(Beginning of INPUT RECORDS)

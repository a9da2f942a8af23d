//! Who goes first, of worked graphs and of a long ring.
ghost use Rattle.std.specs.Prelude.{◌≢◌, ℕ, ◌<◌, ◌≡◌, length, All, AllPairs, IfOk, IsTrue, slice_index_or};
ghost use Rattle.txn_key.specs.declared.id.TxnId.{TxnId as TxnIdValue};
ghost use Rattle.cycle_order.specs.Graphs.{IsGraph};

use cycle_order::{Edge, Graph, ancestors, clean, descendants, is_ready, pick};
use sqlite_items::Items;
use std::alloc::Global;
use std::test::Fail;
use txn_key::TxnId;

/// The id whose last four bytes are a number.
fn id(number: u32) -> TxnId {
    let [a, b, c, d] = number.to_be_bytes();
    TxnId([0, 0, 0, 0, 0, 0, 0, 0, a, b, c, d])
}

/// A graph of those ids, flags and edges; none where they make no graph.
fn graph(
    alloc: Global,
    numbers: &[u32],
    settled: &[bool],
    edges: &[(u64, u64)],
) -> Result<Graph, Fail>
    ensures { IfOk result (λ graph. IsGraph graph) }
{
    let mut ids = Vec::new(alloc);
    for number in numbers {
        ids.push(id(*number))?;
    }
    let mut list = Vec::new(alloc);
    for (before, after) in edges {
        list.push(Edge {
            before: *before,
            after: *after,
        })?;
    }
    let graph = Graph {
        ids: Items::from_vec(ids),
        settled: Items::from_slice(alloc, settled)?,
        edges: Items::from_vec(list),
    };
    if !is_graph(&graph) {
        return Err("no graph".into());
    }
    Ok(graph)
}

fn is_graph(graph: &Graph) -> bool
    ensures { IsTrue result → IsGraph graph.now }
{
    let count = graph.ids.len();
    graph.settled.len() == count
        && are_distinct(graph.ids.as_slice())
        && are_between(graph.edges.as_slice(), count)
}

fn are_between(edges: &[Edge], count: usize) -> bool
    ensures { IsTrue result → All (λ edge. (edge.before < count) × (edge.after < count)) edges.now }
{
    edges.iter().all(|edge| (edge.before as usize) < count && (edge.after as usize) < count)
}

fn are_distinct(ids: &[TxnId]) -> bool
    ensures { IsTrue result → AllPairs (λ s t. s ≢ t) ids.now }
{
    for at in 0..ids.len() {
        if !is_new(ids, at) {
            return false;
        }
    }
    true
}

/// Whether no id before the one at a place is equal to it.
fn is_new(ids: &[TxnId], at: usize) -> bool
    requires { at < length ids.now }
    ensures { IsTrue result → ((k : ℕ) (d : TxnIdValue) → k < at →
        slice_index_or ids.now k d ≢ slice_index_or ids.now at d) }
{
    for k in 0..at {
        if ids[k] == ids[at] {
            return false;
        }
    }
    true
}

/// A row of a table: a graph, its first vertex, whether its vertex 0 is clean, and the flags of that
/// vertex's ancestors.
#[derive(Clone, Copy)]
struct Row<'a> {
    numbers: &'a [u32],
    settled: &'a [bool],
    edges: &'a [(u64, u64)],
    first: Option<u64>,
    clean: bool,
    ancestors: &'a [bool],
}

static GRAPHS: [Row<'static>; 6] = [
    // two unsettled transactions that wait for each other
    Row {
        numbers: &[1, 2],
        settled: &[false, false],
        edges: &[(0, 1), (1, 0)],
        first: Some(0),
        clean: false,
        ancestors: &[true, true],
    },
    Row {
        numbers: &[2, 1],
        settled: &[false, false],
        edges: &[(0, 1), (1, 0)],
        first: Some(1),
        clean: false,
        ancestors: &[true, true],
    },
    // the first waits for the second, and the other way round
    Row {
        numbers: &[1, 2],
        settled: &[false, false],
        edges: &[(1, 0)],
        first: Some(1),
        clean: false,
        ancestors: &[true, true],
    },
    Row {
        numbers: &[2, 1],
        settled: &[false, false],
        edges: &[(0, 1)],
        first: Some(0),
        clean: false,
        ancestors: &[true, false],
    },
    // a ring of four, two of them settled
    Row {
        numbers: &[1, 2, 3, 4],
        settled: &[true, true, false, false],
        edges: &[(2, 0), (0, 1), (1, 3), (3, 2)],
        first: Some(2),
        clean: false,
        ancestors: &[true, true, true, true],
    },
    // all settled
    Row {
        numbers: &[1, 2],
        settled: &[true, true],
        edges: &[(0, 1), (1, 0)],
        first: None,
        clean: true,
        ancestors: &[true, true],
    },
];

fn holds(alloc: Global, row: &Row) -> Result<bool, Fail> {
    let graph = graph(alloc, row.numbers, row.settled, row.edges)?.copy(alloc)?;
    if graph.ids.is_empty() {
        return Err("no vertex".into());
    }
    Ok(
        pick(alloc, &graph)? == row.first
            && clean(alloc, &graph, 0)? == row.clean
            && ancestors(alloc, &graph, 0)?.as_slice() == row.ancestors,
    )
}

/// A ring of so many unsettled vertices, whose ids fall and whose edges are listed against their way.
fn ring(alloc: Global, count: u32) -> Result<Graph, Fail>
    ensures { IfOk result (λ graph. IsGraph graph) }
{
    let mut numbers = Vec::new(alloc);
    let mut settled = Vec::new(alloc);
    let mut edges = Vec::new(alloc);
    for v in (0..count).rev() {
        numbers.push(v)?;
        settled.push(false)?;
        let next = if v + 1 < count { v + 1 } else { 0 };
        edges.push((u64::from(v), u64::from(next)))?;
    }
    graph(
        alloc,
        numbers.as_slice(),
        settled.as_slice(),
        edges.as_slice(),
    )
}

/// Which vertices are ready, in their order.
fn ready_flags(alloc: Global, graph: &Graph) -> Result<Vec<bool>, Fail>
    requires { IsGraph graph.now }
{
    let mut flags = Vec::new(alloc);
    for v in 0..graph.ids.len() {
        flags.push(is_ready(alloc, graph, v as u64)?)?;
    }
    Ok(flags)
}

const CHAIN_READY: &[bool] = &[false, true, false];

/// Which vertices are behind a settled one.
const CHAIN_BEHIND: &[bool] = &[true, false, true];

/// A chain of three whose middle vertex, the first listed, is settled.
#[test]
fn settled_in_a_chain(rt: HostRuntime) -> Result<(), Fail> {
    let alloc = rt.alloc();
    let chain = graph(alloc, &[1, 2, 3], &[true, false, false], &[(1, 0), (0, 2)])?;
    let ready = ready_flags(alloc, &chain)?;
    assert!(rt; ready.as_slice() == CHAIN_READY);
    let behind = descendants(alloc, &chain, chain.settled.as_slice())?;
    assert!(rt; behind.as_slice() == CHAIN_BEHIND);
    Ok(())
}

#[test]
fn worked_graphs(rt: HostRuntime) -> Result<(), Fail> {
    for row in &GRAPHS {
        assert!(rt; holds(rt.alloc(), row)?);
    }
    let ring = ring(rt.alloc(), 2000)?;
    assert!(rt; pick(rt.alloc(), &ring)? == Some(1999));
    Ok(())
}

(End of INPUT RECORDS)

Nothing but the lines from the one with "const CHAIN_BEHIND: &[bool]" to the last line of the data should appear in the answer, each exactly as it stands.

TASK OUTPUT
const CHAIN_BEHIND: &[bool] = &[true, false, true];

/// A chain of three whose middle vertex, the first listed, is settled.
#[test]
fn settled_in_a_chain(rt: HostRuntime) -> Result<(), Fail> {
    let alloc = rt.alloc();
    let chain = graph(alloc, &[1, 2, 3], &[true, false, false], &[(1, 0), (0, 2)])?;
    let ready = ready_flags(alloc, &chain)?;
    assert!(rt; ready.as_slice() == CHAIN_READY);
    let behind = descendants(alloc, &chain, chain.settled.as_slice())?;
    assert!(rt; behind.as_slice() == CHAIN_BEHIND);
    Ok(())
}

#[test]
fn worked_graphs(rt: HostRuntime) -> Result<(), Fail> {
    for row in &GRAPHS {
        assert!(rt; holds(rt.alloc(), row)?);
    }
    let ring = ring(rt.alloc(), 2000)?;
    assert!(rt; pick(rt.alloc(), &ring)? == Some(1999));
    Ok(())
}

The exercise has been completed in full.